5.7. Gel Purification and DNA Sequencing of PCR Products

Forty microliters of the PCR product to be sequenced was loaded on a 1% agarose gel and the gel electrophoresis was carried out for one hour at 50 V. The DNA band to be sequenced was cut from the gel by visualizing the same on a gel dock with UV light. The DNA was purified from the gel using QIAquick gel extraction kit from Qiagen (Hilden, Germany), as per the manual instructions. The purified product was then sequenced by Sanger sequencing.

5.8. Translation, Alignment and Comparison of Amino Acid Sequences

The DNA sequence obtained from sequencer was translated into amino acid sequence in silico using the translate tool of ExPasy available on Swiss Institute of Bioinformatics research portal. The sequence was aligned to the published sequence of the cyt gene using the pBLAST tool on the National Centre for Biotechnology Information (NCBI) website.

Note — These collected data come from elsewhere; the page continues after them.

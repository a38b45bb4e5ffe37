//! Worked examples of the pair: the guest for tests, messages, a checkpoint kept apart, both nodes,
//! what goes out and the comparer.
#![tactic(auto)]

#[cfg(test)]
mod apart;
#[cfg(test)]
mod checkpoint;
#[cfg(test)]
mod comparer;
#[cfg(test)]
mod exchange;
#[cfg(test)]
mod guest;
#[cfg(test)]
mod messages;
#[cfg(test)]
mod node;
#[cfg(test)]
mod primary;
#[cfg(test)]
mod release;
#[cfg(test)]
mod script;
#[cfg(test)]
mod secondary;
#[cfg(test)]
mod survivor;
#[cfg(test)]
mod words;
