/// Where each hart starts.
const START: u32 = 0x8000_0040;
/// Where the one word of memory stands.
const PLACE: u32 = 0x8000_0000;
/// What it holds before each row.
const MEMORY: u32 = 0x1234_80F0;

/// A bus of one word, which takes any width at its place and no other place.
#[derive(Drop)]
struct OneWord {
    value: u32,
}

impl Bus for OneWord {
    ghost acts = { record {
      fetched = λ s a. if a == 0x8000_0000 then Some s.value else None;
      loaded = λ s a w. if a == 0x8000_0000 then Some s.value else None;
      stores = λ s a w v. a == 0x8000_0000;
      stored = λ s a w v. if a == 0x8000_0000 then record { value = v } else s;
      wants = λ s a w v. false;
    } };

    ghost use Rattle.std.proofs.Common.{arith};
    ghost use Rattle.std.proofs.lemmas.Bool.Decides.{nat_tests};

    ghost refused = { λ s a w v h. Prim.grind (arith, nat_tests) };

    ghost ram = { λ s a v h. Prim.grind (arith, nat_tests) };

    ghost same_word = { λ s a v h. Prim.grind (arith, nat_tests) };

    fn fetch(&mut self, addr: u32) -> Option<u32> {
        if addr == PLACE {
            Some(self.value)
        } else {
            None
        }
    }

    fn load(&mut self, addr: u32, width: u32) -> Option<u32> {
        if addr == PLACE {
            Some(self.value)
        } else {
            None
        }
    }

    fn store(&mut self, addr: u32, width: u32, value: u32) -> Result<bool, NoMemory> {
        if addr == PLACE {
            self.value = value;
            return Ok(true);
        }
        Ok(false)
    }
}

5.9. In Silico Structural Homology Comparison of Cyt Proteins

To understand the structural and/or chemical differences among the functional Cyt protein structures of QBT229 and the reference Bt subsp. israelensis H14, their respective amino acid sequences were used to find the in silico structure of the proteins by SWISS-MODEL software [38]. As a reference for the protein modelling, the 3D structure of the Cyt1A1 protein (TRON.3) from Bacillus thuringiensis subsp. israelensis was used. Cohen et al. [39] had modelled the structure of Cyt1A1 protein by X-ray crystallography with a resolution of 2.19 Å. The structures of the two Cyt proteins were compared for any conformational changes due to amino acid replacements. The structures were also compared chemically by applying the different filters of the software including charged regions, hydrophobic regions, polar regions, etc.